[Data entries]
☆ ☆ ☆ ☆ ☆

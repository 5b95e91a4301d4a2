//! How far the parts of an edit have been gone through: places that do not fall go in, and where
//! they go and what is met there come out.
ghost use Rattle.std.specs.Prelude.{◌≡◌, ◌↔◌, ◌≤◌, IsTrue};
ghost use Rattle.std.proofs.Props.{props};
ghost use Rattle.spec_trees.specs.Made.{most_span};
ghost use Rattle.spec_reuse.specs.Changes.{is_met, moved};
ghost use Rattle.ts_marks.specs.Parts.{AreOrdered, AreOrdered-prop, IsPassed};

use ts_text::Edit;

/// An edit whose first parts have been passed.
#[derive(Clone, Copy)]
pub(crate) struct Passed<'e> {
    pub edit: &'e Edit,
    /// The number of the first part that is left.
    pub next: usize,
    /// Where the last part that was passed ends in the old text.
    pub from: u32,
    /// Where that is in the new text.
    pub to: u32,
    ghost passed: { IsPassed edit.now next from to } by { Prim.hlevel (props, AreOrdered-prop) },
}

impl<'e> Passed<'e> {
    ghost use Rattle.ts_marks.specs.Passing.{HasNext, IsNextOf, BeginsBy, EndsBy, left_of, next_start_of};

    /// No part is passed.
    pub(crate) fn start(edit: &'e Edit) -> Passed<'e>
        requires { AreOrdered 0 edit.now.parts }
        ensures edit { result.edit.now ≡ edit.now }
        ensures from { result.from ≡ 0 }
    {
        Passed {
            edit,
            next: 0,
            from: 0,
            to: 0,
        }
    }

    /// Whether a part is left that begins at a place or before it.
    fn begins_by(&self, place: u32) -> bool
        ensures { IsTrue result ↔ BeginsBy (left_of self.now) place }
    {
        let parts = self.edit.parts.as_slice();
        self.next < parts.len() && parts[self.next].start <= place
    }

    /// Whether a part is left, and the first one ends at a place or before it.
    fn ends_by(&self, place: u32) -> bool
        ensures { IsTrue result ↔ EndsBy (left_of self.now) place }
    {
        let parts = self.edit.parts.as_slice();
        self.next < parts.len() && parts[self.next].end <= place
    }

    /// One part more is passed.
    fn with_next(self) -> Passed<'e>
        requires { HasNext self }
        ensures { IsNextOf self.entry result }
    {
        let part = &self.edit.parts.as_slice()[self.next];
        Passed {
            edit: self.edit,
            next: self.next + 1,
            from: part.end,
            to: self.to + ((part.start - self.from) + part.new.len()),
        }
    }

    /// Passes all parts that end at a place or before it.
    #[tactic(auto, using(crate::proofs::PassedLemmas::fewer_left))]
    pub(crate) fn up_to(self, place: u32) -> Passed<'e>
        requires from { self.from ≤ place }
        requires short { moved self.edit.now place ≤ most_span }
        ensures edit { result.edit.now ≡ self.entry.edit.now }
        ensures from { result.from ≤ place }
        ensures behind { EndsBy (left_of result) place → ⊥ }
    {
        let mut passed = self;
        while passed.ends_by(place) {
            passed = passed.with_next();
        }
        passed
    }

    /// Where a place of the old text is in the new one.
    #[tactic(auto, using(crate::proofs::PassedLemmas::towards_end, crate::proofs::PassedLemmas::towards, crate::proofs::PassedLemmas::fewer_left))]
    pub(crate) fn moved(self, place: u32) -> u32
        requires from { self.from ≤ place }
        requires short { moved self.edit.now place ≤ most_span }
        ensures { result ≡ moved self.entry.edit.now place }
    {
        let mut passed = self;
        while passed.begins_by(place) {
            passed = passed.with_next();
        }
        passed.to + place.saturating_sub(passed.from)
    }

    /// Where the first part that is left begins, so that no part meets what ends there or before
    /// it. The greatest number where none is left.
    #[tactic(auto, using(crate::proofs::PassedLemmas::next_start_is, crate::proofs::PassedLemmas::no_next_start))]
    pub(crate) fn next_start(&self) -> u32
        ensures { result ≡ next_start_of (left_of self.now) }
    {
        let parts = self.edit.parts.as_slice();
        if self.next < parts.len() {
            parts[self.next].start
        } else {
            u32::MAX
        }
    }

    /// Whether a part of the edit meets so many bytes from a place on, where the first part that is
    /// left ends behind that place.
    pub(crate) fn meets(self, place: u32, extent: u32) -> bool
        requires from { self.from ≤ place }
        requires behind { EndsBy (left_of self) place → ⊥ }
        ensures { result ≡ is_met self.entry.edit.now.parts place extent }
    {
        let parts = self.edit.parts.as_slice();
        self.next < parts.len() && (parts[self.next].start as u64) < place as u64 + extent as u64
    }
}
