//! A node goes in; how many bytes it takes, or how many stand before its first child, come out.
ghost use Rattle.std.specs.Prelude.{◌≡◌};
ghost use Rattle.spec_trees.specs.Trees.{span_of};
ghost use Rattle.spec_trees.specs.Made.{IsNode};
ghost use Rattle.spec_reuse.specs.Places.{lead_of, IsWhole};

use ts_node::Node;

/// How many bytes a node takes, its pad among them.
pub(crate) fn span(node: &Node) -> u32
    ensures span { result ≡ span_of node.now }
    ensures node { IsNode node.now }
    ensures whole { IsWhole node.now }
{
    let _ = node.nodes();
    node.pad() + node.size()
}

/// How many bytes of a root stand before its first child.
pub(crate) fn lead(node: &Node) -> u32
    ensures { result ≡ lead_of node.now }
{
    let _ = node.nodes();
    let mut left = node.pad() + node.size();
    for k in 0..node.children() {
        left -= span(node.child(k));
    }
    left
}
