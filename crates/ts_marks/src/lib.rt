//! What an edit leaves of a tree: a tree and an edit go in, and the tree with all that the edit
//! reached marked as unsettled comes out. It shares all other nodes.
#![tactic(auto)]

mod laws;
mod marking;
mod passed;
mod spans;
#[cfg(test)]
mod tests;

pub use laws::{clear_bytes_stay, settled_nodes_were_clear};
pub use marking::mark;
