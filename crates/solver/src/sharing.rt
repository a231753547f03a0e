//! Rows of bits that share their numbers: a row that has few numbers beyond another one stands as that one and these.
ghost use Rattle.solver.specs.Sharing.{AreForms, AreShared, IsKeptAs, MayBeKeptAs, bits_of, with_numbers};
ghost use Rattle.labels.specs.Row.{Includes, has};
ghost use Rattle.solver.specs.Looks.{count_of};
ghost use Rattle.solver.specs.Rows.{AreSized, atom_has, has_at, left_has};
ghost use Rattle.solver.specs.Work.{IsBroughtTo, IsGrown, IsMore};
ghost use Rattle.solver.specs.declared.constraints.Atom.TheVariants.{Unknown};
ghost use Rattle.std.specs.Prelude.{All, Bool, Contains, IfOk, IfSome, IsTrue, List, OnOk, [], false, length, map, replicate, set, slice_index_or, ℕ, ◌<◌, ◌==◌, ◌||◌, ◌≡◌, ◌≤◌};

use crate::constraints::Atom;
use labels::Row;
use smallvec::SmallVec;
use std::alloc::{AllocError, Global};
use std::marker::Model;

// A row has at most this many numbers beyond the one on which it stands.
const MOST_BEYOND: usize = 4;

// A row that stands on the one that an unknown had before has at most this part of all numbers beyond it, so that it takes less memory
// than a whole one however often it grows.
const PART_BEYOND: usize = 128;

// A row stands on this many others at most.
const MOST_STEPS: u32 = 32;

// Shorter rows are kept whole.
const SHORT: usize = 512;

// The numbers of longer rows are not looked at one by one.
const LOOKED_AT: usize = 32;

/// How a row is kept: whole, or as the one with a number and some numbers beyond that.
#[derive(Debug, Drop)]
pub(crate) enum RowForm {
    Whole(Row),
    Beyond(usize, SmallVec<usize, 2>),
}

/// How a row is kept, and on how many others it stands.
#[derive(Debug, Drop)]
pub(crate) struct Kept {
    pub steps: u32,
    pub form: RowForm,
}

☆ ☆ ☆ ☆ ☆

§ Work order
Find the lines above that contain the word "BeginsBy" and collect them.

§ Exercise result
    ghost use Rattle.ts_marks.specs.Passing.{HasNext, IsNextOf, BeginsBy, EndsBy, left_of, next_start_of};
        ensures { IsTrue result ↔ BeginsBy (left_of self.now) place }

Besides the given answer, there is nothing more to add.